Assignment =
From the data that follows, report the number of lines including "Critical", and only that number.

Records =
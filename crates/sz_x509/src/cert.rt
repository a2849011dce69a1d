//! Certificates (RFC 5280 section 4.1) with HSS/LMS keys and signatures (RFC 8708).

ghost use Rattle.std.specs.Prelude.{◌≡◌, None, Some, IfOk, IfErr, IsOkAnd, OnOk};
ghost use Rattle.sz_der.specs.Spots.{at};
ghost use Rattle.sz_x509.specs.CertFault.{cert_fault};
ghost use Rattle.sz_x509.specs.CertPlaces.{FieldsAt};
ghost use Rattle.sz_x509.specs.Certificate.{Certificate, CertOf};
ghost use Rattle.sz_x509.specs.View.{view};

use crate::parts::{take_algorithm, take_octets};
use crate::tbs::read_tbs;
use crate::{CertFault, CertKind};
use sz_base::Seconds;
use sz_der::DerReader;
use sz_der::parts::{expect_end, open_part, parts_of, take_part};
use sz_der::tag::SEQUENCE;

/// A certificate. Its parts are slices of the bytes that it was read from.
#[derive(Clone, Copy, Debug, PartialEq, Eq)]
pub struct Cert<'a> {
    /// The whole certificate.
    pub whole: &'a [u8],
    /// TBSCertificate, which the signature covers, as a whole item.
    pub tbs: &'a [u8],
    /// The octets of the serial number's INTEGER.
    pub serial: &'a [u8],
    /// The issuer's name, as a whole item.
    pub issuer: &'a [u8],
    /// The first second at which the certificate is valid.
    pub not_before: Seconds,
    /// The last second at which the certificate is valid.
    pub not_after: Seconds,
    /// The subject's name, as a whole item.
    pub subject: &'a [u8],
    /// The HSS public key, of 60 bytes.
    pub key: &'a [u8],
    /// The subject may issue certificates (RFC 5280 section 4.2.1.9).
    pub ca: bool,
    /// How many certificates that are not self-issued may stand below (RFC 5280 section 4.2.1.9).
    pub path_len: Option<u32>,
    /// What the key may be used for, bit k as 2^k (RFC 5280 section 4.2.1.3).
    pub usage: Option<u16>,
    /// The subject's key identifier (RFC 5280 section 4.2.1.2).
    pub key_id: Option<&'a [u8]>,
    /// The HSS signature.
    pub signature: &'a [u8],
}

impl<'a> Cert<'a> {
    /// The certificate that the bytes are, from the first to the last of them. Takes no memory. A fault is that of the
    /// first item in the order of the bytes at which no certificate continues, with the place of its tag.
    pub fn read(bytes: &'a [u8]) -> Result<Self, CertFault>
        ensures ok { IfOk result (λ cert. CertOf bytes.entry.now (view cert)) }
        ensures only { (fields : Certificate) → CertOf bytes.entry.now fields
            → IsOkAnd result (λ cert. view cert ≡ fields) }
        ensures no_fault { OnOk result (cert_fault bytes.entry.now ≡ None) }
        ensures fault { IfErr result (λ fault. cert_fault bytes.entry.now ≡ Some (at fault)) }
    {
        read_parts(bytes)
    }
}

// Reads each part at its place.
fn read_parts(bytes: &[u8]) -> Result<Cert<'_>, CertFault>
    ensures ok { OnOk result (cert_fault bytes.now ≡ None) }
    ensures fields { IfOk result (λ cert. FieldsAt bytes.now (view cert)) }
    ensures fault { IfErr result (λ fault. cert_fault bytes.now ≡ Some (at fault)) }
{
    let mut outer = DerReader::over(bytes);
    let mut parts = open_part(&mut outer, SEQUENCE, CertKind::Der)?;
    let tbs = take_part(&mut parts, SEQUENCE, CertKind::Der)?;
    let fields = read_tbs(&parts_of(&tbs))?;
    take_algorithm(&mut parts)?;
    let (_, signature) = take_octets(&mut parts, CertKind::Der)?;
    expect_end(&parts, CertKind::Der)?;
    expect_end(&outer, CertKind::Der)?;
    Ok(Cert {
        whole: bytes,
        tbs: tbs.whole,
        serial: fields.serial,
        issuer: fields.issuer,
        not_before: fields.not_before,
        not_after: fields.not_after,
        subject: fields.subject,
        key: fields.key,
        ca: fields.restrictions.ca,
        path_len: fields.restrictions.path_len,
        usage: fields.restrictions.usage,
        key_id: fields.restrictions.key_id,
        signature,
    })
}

...

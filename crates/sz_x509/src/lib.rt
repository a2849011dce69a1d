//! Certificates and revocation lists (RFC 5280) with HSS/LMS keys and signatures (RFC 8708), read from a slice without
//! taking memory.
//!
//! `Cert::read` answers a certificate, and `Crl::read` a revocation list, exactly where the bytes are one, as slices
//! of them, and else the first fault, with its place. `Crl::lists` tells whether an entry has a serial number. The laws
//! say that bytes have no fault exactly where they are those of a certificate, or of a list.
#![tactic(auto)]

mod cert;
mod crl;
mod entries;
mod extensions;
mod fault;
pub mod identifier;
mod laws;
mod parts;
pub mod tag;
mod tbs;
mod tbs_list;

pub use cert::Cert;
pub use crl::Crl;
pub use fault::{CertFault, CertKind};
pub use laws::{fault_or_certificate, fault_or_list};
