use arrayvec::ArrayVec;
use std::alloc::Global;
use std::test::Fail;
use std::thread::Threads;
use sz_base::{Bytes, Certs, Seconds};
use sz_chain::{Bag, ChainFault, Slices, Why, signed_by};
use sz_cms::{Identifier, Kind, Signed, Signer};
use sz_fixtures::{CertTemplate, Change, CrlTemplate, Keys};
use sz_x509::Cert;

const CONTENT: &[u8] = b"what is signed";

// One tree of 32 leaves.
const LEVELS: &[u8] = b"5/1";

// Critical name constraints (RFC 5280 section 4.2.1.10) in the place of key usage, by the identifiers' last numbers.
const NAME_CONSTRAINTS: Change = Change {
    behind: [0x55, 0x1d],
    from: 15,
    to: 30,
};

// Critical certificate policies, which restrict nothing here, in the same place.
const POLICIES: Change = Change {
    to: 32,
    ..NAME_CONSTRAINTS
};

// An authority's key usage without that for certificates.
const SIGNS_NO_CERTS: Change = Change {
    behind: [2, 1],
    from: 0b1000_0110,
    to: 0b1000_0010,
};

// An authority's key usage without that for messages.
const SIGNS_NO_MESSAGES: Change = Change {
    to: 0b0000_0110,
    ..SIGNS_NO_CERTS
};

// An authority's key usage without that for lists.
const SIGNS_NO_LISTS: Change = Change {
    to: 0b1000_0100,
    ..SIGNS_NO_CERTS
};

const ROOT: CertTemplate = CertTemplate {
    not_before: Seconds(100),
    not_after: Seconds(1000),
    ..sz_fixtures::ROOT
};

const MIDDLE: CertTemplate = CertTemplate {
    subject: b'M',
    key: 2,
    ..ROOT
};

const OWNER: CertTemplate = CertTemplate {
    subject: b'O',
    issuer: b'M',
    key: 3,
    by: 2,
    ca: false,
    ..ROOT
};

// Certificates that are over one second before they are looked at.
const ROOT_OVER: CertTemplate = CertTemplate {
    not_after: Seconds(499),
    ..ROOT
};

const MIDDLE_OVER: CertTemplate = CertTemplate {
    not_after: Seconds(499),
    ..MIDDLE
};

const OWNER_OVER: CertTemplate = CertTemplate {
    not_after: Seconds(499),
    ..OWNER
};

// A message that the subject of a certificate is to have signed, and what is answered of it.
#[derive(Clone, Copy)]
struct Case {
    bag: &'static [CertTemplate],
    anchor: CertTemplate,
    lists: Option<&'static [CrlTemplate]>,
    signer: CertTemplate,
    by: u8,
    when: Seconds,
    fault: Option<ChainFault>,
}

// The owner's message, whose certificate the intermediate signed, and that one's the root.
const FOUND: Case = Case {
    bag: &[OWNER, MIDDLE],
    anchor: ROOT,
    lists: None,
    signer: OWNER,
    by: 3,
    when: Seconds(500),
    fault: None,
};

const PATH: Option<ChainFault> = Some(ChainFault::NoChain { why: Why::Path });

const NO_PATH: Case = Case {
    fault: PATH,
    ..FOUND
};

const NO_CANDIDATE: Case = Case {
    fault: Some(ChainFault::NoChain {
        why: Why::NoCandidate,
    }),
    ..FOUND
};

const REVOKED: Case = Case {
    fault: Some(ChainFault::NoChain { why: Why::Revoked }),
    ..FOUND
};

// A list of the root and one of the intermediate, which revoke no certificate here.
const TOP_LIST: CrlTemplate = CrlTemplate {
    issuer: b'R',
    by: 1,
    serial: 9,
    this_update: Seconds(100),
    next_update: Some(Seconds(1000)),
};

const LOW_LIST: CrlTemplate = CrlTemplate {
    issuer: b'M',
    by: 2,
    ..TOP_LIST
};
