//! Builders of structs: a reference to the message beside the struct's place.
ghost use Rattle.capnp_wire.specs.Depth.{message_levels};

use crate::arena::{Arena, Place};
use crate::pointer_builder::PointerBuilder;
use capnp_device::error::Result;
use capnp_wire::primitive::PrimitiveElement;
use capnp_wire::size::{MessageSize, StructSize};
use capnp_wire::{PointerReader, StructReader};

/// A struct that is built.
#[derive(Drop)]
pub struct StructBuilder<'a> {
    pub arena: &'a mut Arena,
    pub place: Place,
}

...

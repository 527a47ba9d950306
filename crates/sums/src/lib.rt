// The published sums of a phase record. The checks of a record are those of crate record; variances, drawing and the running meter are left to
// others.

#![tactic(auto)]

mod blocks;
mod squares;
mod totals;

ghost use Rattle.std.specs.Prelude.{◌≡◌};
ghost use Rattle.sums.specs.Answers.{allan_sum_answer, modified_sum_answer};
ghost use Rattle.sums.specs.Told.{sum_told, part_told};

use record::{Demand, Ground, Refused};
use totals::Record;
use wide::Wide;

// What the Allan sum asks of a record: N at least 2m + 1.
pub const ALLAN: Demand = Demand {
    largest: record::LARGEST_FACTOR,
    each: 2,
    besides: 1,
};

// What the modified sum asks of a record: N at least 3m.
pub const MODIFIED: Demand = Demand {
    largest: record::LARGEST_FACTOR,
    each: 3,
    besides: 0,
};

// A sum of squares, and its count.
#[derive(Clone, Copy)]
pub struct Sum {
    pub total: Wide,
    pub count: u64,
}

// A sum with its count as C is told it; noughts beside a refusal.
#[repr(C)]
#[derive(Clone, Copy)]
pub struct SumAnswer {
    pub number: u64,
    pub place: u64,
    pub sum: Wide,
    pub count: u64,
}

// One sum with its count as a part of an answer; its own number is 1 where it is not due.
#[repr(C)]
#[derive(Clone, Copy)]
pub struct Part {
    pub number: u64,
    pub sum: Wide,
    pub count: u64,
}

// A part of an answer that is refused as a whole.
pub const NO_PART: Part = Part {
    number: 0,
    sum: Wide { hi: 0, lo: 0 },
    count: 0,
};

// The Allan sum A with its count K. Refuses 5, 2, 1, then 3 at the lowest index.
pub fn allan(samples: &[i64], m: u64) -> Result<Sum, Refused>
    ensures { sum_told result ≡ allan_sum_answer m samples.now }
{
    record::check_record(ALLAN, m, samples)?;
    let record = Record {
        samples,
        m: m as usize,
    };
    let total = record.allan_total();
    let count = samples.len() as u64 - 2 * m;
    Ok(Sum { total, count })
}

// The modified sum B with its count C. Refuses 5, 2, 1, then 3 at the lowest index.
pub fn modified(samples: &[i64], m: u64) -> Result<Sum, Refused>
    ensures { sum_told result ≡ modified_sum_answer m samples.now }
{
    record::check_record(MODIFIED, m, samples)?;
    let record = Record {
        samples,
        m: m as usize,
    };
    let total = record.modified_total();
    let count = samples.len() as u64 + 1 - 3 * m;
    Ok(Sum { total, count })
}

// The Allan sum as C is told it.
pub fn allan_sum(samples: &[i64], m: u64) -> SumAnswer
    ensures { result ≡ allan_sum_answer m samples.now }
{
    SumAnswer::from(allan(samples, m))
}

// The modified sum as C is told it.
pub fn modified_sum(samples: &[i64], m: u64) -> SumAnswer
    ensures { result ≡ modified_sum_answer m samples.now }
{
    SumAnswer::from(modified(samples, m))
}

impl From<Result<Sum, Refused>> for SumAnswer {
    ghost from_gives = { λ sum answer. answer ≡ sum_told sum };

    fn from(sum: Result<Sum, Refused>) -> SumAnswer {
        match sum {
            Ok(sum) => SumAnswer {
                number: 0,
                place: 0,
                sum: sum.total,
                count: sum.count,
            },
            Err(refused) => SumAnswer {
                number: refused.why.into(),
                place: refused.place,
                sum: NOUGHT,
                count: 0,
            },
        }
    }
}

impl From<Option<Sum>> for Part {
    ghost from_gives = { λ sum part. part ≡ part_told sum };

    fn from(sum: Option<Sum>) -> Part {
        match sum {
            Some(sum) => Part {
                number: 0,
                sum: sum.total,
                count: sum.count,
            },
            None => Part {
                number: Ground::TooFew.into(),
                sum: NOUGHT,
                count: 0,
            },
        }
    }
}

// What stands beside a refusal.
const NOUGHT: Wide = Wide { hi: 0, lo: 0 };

Output of the exercise =
2